En un ratito les respondo sobre sus ideas.

----------

## Pablo S. Barrera

Gracias por responder.

No uso Xgl ni Aiglx. Mi xorg.conf no tiene nada de escritorio 3d.

Como se si uso framebuffer?

Otro WM? Tipo GNOME? 

El driver de NVIDIA que tengo es justamente ese.

Sera eso? Mas me preocupa la caida de KDE que lo de las consolas ya que me esta enfermando ese tema. Todo empezo luego de actualizar el sistema. 

Les puse ahi un error no se con que tiene que ver eso. Memoria Ram no es por que la testee ya con el memtest86 y resulto ok.

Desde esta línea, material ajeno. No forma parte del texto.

//! What the machine of a pass ends with, what that makes of the record, and the next machine.

ghost use Rattle.std.specs.Prelude.{◌≡◌};
ghost use Rattle.barriers.specs.Records.{ended_of, with_end as with_end_of, started as started_of, operand_word as operand_word_of, HasBirths, IsOperand, IsReady, Fits};

use crate::copier::Copier;
use crate::ends::{ExchangeEnd, NewEnd, ReadEnd, WriteEnd};
use crate::new_object::NewMachine;
use crate::pass::{PassMachine, PassRecord};
use handshakes::{PollEnd, PollMachine, RetireMachine};
use heap_words::{FieldWord, Layout, Operand, REGISTERS, pack};

/// What the machine of a pass has ended with.
#[derive(Clone, Copy, Debug, PartialEq, Eq)]
pub enum MachineEnd {
    Poll(PollEnd),
    New(NewEnd),
    Read(ReadEnd),
    Write(WriteEnd),
    Exchange(ExchangeEnd),
    Retire,
}

/// What a pass is asked to do next. Registers are 0 for `a` to 7 for `h`.
#[derive(Clone, Copy, Debug, PartialEq, Eq)]
pub enum Request {
    Poll,
    /// An object with this many fields, at most [`heap_words::MOST_FIELDS`].
    New {
        len: u32,
    },
    /// Reads a field of the object to which the register `obj` leads.
    Read {
        obj: u32,
        field: u32,
    },
    /// Puts a value in the field.
    Write {
        obj: u32,
        field: u32,
        what: Operand,
    },
    /// Puts a value in the field, if it has the expected one.
    Exchange {
        obj: u32,
        field: u32,
        expected: Operand,
        what: Operand,
    },
    Retire,
}

/// What the machine has ended with. `None` before its end, and of a pass that is in none.
pub fn end_of<P: Copier>(
    machine: &PassMachine<P::Read, P::Write, P::Exchange>,
) -> Option<MachineEnd>
    ensures { result ≡ ended_of P.kit machine.now }
{
    match machine {
        PassMachine::Poll(poll) => Some(MachineEnd::Poll(poll.end()?)),
        PassMachine::New(new) => Some(MachineEnd::New(new.end()?)),
        PassMachine::Read(read) => Some(MachineEnd::Read(P::read_end(read)?)),
        PassMachine::Write(write) => Some(MachineEnd::Write(P::write_end(write)?)),
        PassMachine::Exchange(exchange) => Some(MachineEnd::Exchange(P::exchange_end(exchange)?)),
        PassMachine::Retire(retire) => retire.end().map(|_| MachineEnd::Retire),
        PassMachine::Idle | PassMachine::Retired => None,
    }
}

/// The record with what its machine has ended with: a poll acknowledges, and its registers go where the
/// objects are now; an object takes room and a birth number; and a pass that retires is in no machine any
/// more. After any other end it is between two machines. All else is unchanged.
pub fn with_end<R: Copy, W: Copy, E: Copy>(
    pass: PassRecord<R, W, E>,
    end: MachineEnd,
) -> PassRecord<R, W, E>
    requires { HasBirths pass.made end }
    ensures { result ≡ with_end_of pass end }
{
    let idle = PassRecord {
        machine: PassMachine::Idle,
        ..pass
    };
    match end {
        MachineEnd::Poll(end) => {
            let PollEnd { view, registers } = end;
            PassRecord {
                view,
                registers,
                ..idle
            }
        }
        MachineEnd::New(NewEnd::Made { room, .. }) => PassRecord {
            room,
            made: pass.made + 1,
            ..idle
        },
        MachineEnd::Retire => PassRecord {
            view: pass.view.retired(),
            machine: PassMachine::Retired,
            ..pass
        },
        _ => idle,
    }
}

// What an operand says.
fn operand_word(registers: &[FieldWord; REGISTERS], what: Operand) -> FieldWord
    requires { IsOperand what }
    ensures { result ≡ operand_word_of registers.now what }
{
    match what {
        Operand::Num(n) => FieldWord::Num(n),
        Operand::Reg(register) => registers[register as usize],
    }
}

/// The record with the machine that does what is asked. `None` exactly where it is to access an object and
/// the register `obj` holds no link.
pub fn start<P: Copier>(
    layout: &Layout,
    pass: PassRecord<P::Read, P::Write, P::Exchange>,
    request: Request,
) -> Option<PassRecord<P::Read, P::Write, P::Exchange>>
where
    P::Read: Copy,
    P::Write: Copy,
    P::Exchange: Copy,
    requires ready { IsReady layout.now pass }
    requires fits { Fits request }
    ensures { result ≡ started_of P.kit layout.now pass request }
{
    let machine = match request {
        Request::Poll => PassMachine::Poll(PollMachine::new(layout, pass.view, pass.registers)),
        Request::New { len } => {
            PassMachine::New(NewMachine::new(layout, pass.view, pass.room, pass.made, len))
        }
        Request::Read { obj, field } => match pass.registers[obj as usize] {
            FieldWord::Num(_) => return None,
            FieldWord::Link { birth, at } => {
                PassMachine::Read(P::read(layout, pass.view, birth, at, field))
            }
        },
        Request::Write { obj, field, what } => {
            let word = pack(operand_word(&pass.registers, what));
            match pass.registers[obj as usize] {
                FieldWord::Num(_) => return None,
                FieldWord::Link { birth, at } => {
                    PassMachine::Write(P::write(layout, pass.view, birth, at, field, word))
                }
            }
        }
        Request::Exchange {
            obj,
            field,
            expected,
            what,
        } => {
            let expected = operand_word(&pass.registers, expected);
            let word = pack(operand_word(&pass.registers, what));
            match pass.registers[obj as usize] {
                FieldWord::Num(_) => return None,
                FieldWord::Link { birth, at } => PassMachine::Exchange(P::exchange(
                    layout, pass.view, birth, at, field, expected, word,
                )),
            }
        }
        Request::Retire => {
            prove!(layout.quota() >= 1);
            let region = pass.room.region;
            PassMachine::Retire(RetireMachine::new(layout, pass.view, pass.registers, region))
        }
    };
    Some(PassRecord { machine, ..pass })
}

Como puedo chequear el disco a fondo? Ya probe con "shutdown -rF now"

Gracias.

----------

## i92guboj

 *Pablo S. Barrera wrote:*   

> 
> 
> Como se si uso framebuffer?
> 
> 

 

Si usas framebuffer deberías saberlo. Mucha gente usa los modos framebuffer para conseguir bootsplashes y fondos gráficos en consola. Otros simplemente lo usan sin florituras, pero como permiten una mayor resolución son útiles para ver más texto en la consola. Si usas algún modo que no sea el modo texto normal y corriente entonces probablemente estés usando un driver de framebuffer. Para estar seguros puedes postear el contenido de tu grub.conf y el .config de tu kernel actual. De todas formas, si el fb está activo deberías tener nodos del tipo /dev/fb0, si no existe ningún nodo fb en dev, entonces no tienes framebuffer.

 *Quote:*   

> 
> 
> Otro WM? Tipo GNOME? 
> 
> 

 

Emerger gnome solo para probar quizás no sea lo más conveniente. Cualquier wm minimalista como fluxbox o fvwm valdrá.

 *Quote:*   

> 
> 
> El driver de NVIDIA que tengo es justamente ese.
> 
> Sera eso? Mas me preocupa la caida de KDE que lo de las consolas ya que me esta enfermando ese tema. Todo empezo luego de actualizar el sistema. 
> ...

 

Es bastante probable que el problema tenga algo que ver con los drivers gráficos, si descartamos fallos de hardware.

----------

## Pablo S. Barrera

Ahi se cayo de nuevo KDE. Como puedo chequear el Disco Rigido? Fisicamente y logicamente?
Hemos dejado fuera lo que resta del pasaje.